Dylan Sprouse, Mason Gooding, Dichen Lachmann, Daniel Rios Jr, Megan Stott, Will Lyman.
Directed by Patrick Lussier.
One of the many action-popcorn thrillers to sit back and watch on streaming services. It has a Christmas setting – which may remind audiences of thrillers set at Christmas, especially Die Hard. Aftermath is in this vein.
The setting is Boston, the Tobin Bridge, just before Christmas. A former Army man, dismissed from the Army for not obeying orders because of compassion for an Afghan woman oppressed by her husband who shoots her, is driving across the bridge with his younger sister, precocious and forward, wanting to drive the car and his allowing her. He is obviously protective of her – memories of the woman in Afghanistan.
Suddenly, an explosion, the central part of the bridge destroyed and falling into the River, some cars, and cars parked on both sides of the gap.
The audience has also been introduced to a tough female prisoner, Doc, being transported in the van across the bridge – and audiences will guess that the explosion is to get to her. The reason, she has been part of an elite squad of former soldiers, employed by the government for jobs outside regulations, she having given information to the authorities.
The film establishes the group who are out to capture Doc alive, a bargaining point with the authorities. And they want the Pentagon to publish a document on the issues.
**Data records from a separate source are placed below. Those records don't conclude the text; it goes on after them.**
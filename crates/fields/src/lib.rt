// Rule 7: every field of a row keeps to its layout. Rule 8: the rows of a part stand in the order of their names.
#![tactic(auto)]

ghost use Rattle.std.specs.Prelude.{◌+◌, ◌≤◌, ◌<◌, ◌≡◌, length, get_or};
ghost use Rattle.paper.specs.Sound.{value_fitting, body_fitting, fields_fit};
ghost use Rattle.index.specs.Index.{row_from};
ghost use Rattle.fields.specs.Order.{key_ascends};

use paper::{Part, Slot};
use rows::Tables;

// Kind 0 has no bits, kind 1 any, kind 2 those of a finite f64.
fn value_fits(kind: u32, bits: u64) -> bool
    ensures { result ≡ value_fitting kind bits }
{
    ((kind != 0) | (bits == 0)) & ((kind < 2) | field::is_finite(bits))
}

// A vertex has three finite coordinates.
fn point_fits(image: &[u8], at: usize) -> bool
    requires { at + 48 ≤ length image.now }
    ensures { result ≡ body_fitting 0 (row_from image.now at).body }
{
    let x = field::long_at(image, at + 24);
    let y = field::long_at(image, at + 32);
    let z = field::long_at(image, at + 40);
    field::is_finite(x) & field::is_finite(y) & field::is_finite(z)
}

// An edge has two slots, a triangle three, a tetrahedron four, and zeros behind them.
fn rest_is_zero(image: &[u8], at: usize, dim: u32) -> bool
    requires at_in_bounds { at + 48 ≤ length image.now }
    requires dim_nonzero { 0 < dim }
    ensures { dim ≤ 3 → result ≡ body_fitting dim (row_from image.now at).body }
{
    let third = field::word_at(image, at + 32);
    let fourth = field::word_at(image, at + 36);
    let last = field::long_at(image, at + 40);
    ((1 < dim) | (third == 0)) & ((2 < dim) | (fourth == 0)) & (last == 0)
}

fn body_fits(image: &[u8], at: usize, dim: u32) -> bool
    requires { at + 48 ≤ length image.now }
    ensures { dim ≤ 3 → result ≡ body_fitting dim (row_from image.now at).body }
{
    if dim == 0 {
        return point_fits(image, at);
    }
    rest_is_zero(image, at, dim)
}

// Dimension, owner, kind, the zero byte, the set's parts, own part in it, value and body of the row at `at`.
pub fn fields(image: &[u8], at: usize, n: u32, part: Part) -> bool
    requires at_in_bounds { at + 48 ≤ length image.now }
    requires n_bound { (n ≤ 64) × (part.0 < n) }
    ensures { result ≡ fields_fit n part.0 (row_from image.now at) }
{
    let dim = field::byte_at(image, at + 4);
    let owner = field::byte_at(image, at + 5);
    let kind = field::byte_at(image, at + 6);
    let pad = field::byte_at(image, at + 7);
    let mask = field::long_at(image, at + 8);
    let value = field::long_at(image, at + 16);
    let head = (dim <= 3) & (owner < n) & (kind <= 2) & (pad == 0);
    head & part_set::fits(mask, n)
        & part_set::has(mask, part.0)
        & value_fits(kind, value)
        & body_fits(image, at, dim)
}

// The first row of a part is in order, any other where its name is above that of the row before it.
pub fn order(tables: &Tables, keys: &[u64], part: Part, slot: Slot) -> bool
    requires part_in_bounds { part.0 < length tables.now.starts.now }
    requires slot_in_bounds { get_or tables.now.starts.now part.0 0 + slot.0 < length keys.now }
    ensures { result ≡ key_ascends keys.now tables.now.starts.now part.0 slot.0 }
{
    if slot.0 == 0 {
        return true;
    }
    let row = tables.row_of(part, slot);
    keys[row - 1] < keys[row]
}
What follows is as expected, the young man emerges from his car, putting his military training into action, more than might have been expected. His sister gets out of the car and gets caught up in a lot of the action, finally being offered a safe haven by a driver with his baby. A whole lot of cat and mouse chases and shootouts on the bridge as the audience begins to see the person in charge, his team, the action to track down and get rid of the military man. And, eventually, Doc is drawn into this kind of action.
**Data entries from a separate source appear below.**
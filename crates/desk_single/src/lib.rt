// The call of the desk that makes the C call, `single`.
#![tactic(auto)]

use answers::Answers;
use desk_records::buffers::{BEFORE, LARGEST, put_room};
use forms::take::Given;
use std::fmt::Write;

// The number that the C call gives, and what it leaves in the answer buffer.
pub fn single(given: &Given, out: &mut Answers) {
    let mut space = [BEFORE; LARGEST];
    let site = given.bytes(0);
    let minute = given.second(1);
    let room = &mut space[..given.number::<u16>(3) as usize];
    let number = host::flare_minute(site, minute, given.number(2), room);
    let _ = write!(out, "{number}");
    put_room(out, room);
}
The team is led by a fierce young former officer, played by Mason Gooding. The screenplay requires him to be young, to be ruthless, determined, but also later revealing that he has a brain tumour. Which explains his action and desperation – but, number of commentators have questioned the casting and the performance (as does this review).
A lot of heroics, a lot of sniping, a lot of shootouts, a special segment where it is revealed that the whole bridge has been set up with explosives and the young Army man, with the help of a sympathetic Vietnam veteran, is able to go under the bridge to defuse the explosives. Which may not matter because in the leader’s van are even more explosives threatening the bridge.
On the periphery are the police, trying to get intelligence of what is happening, who is behind the disaster, trying to make contact.
Not the greatest of action adventures like this but watchable when an audience is in an undemanding mood.